В итоге тридцать седьмого года Куприянов потерял двоих самых дорогих людей: жену и товарища, с которым шел вместе с детства до самого ареста. Жена уже на втором году заключения умерла в Томском женском лагере для жен изменников родины. С другом вышло хуже. Он не только стал свидетелем обвинения по делу Василия Никитича, не только дал ему "очную ставку", подтверждая, что Куприянов имел преступные сношения с моряками иностранных кораблей, приходивших в порт Архангельск, но и присвоил себе почти готовую диссертацию Куприянова. Сейчас кафедру получил. И хоть бы рубль дал старой матери своего бывшего друга, которая работает уборщицей и растит четырнадцатилетнего внука, единственного сына Василия Никитича.

— Надо ехать. Не сомневаюсь ни минуты, что опять посадят. Но выхода нет. Может, хоть год продержусь на поверхности, поддержу их.

Отчетливо помню странное, почти мистическое чувство предвидения дальнейшей судьбы Куприянова, охватившее меня вдруг. Знала, что погибнет. И что отговаривать от поездки на материк — бесполезно.

Что до Уманского, то он, оказывается, прибыл на Колыму в качестве вольного врача-договорника.

— Хотите презирайте, хотите нет, но приехал за деньгами. Двойная ставка, процентные надбавки, а у меня две дочки. Обе невесты. Сусанночка и Лизочка. Я вырастил их без матери, жена умерла рано.

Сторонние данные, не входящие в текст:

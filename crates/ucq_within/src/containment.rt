//! Whether a query is contained in a store's.
ghost use Rattle.std.specs.Prelude.{◌⊎◌, MatchOption};
ghost use Rattle.ucq_hom.specs.Space.{IsClear};
ghost use Rattle.ucq_store.specs.Store.{IsCut, IsFinished};
ghost use Rattle.ucq_within.specs.Containment.{IsFirstCovering, NoRowCovers, TellsWithin};

use crate::Within;
use ucq_chase::sound_is_carried;
use ucq_hom::{HomSpace, covers};
use ucq_store::Store;
use ucq_store::laws::finished_is_exact;
use ucq_terms::Query;

/// Whether the query is contained in the store's, under its rules, as far as the rows tell. It takes no memory, and leaves
/// the space clear. A homomorphism is searched for each row up to the first that covers the query.
pub fn within(space: &mut HomSpace, of: &Store, query: &Query) -> Within
    requires { IsFinished of.now ⊎ IsCut of.now }
    ensures told { TellsWithin of.now query.now result }
    ensures clear { IsClear space.new }
{
    sound_is_carried();
    finished_is_exact();
    // Readers tell that the store is lawful, and that the query is safe.
    let is_cut = of.cut().is_some();
    let _ = query.atoms();
    match first_covering(space, of, query) {
        Some(row) => Within::Yes { row },
        None if is_cut => Within::Open,
        None => Within::No,
    }
}

/// The first row that covers the query.
pub(crate) fn first_covering(space: &mut HomSpace, of: &Store, query: &Query) -> Option<u32>
    ensures found { MatchOption result (NoRowCovers of.now query.now) (λ row.
        IsFirstCovering of.now query.now row) }
    ensures clear { IsClear space.new }
{
    space.clear();
    for row in 0..of.rows() {
        if covers(space, of.query_of(row), query) {
            space.clear();
            return Some(row);
        }
    }
    None
}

Дальше жизнь Якова Михайловича приняла вдруг такой неожиданный оборот: в тридцать седьмом вольные врачи Магадана были призваны выразить на собрании свое гневное возмущение антисоветскими и аморальными поступками арестованного в Москве известного профессора Плетнева.

И тогда доктор Уманский, приехавший на Колыму с целью скопить приданое дочкам, поднялся и сказал: "Я не знаю политических взглядов профессора Плетнева, на эти темы мы с ним не беседовали. Но я работал в его клинике и могу заверить вас, что все эти россказни о том, что он якобы пытался изнасиловать пациентку, абсолютная несусветная чушь. И это скажет вам всякий, кто хоть немного знает профессора Плетнева. И лично я голосовать за такие вздорные обвинения не могу".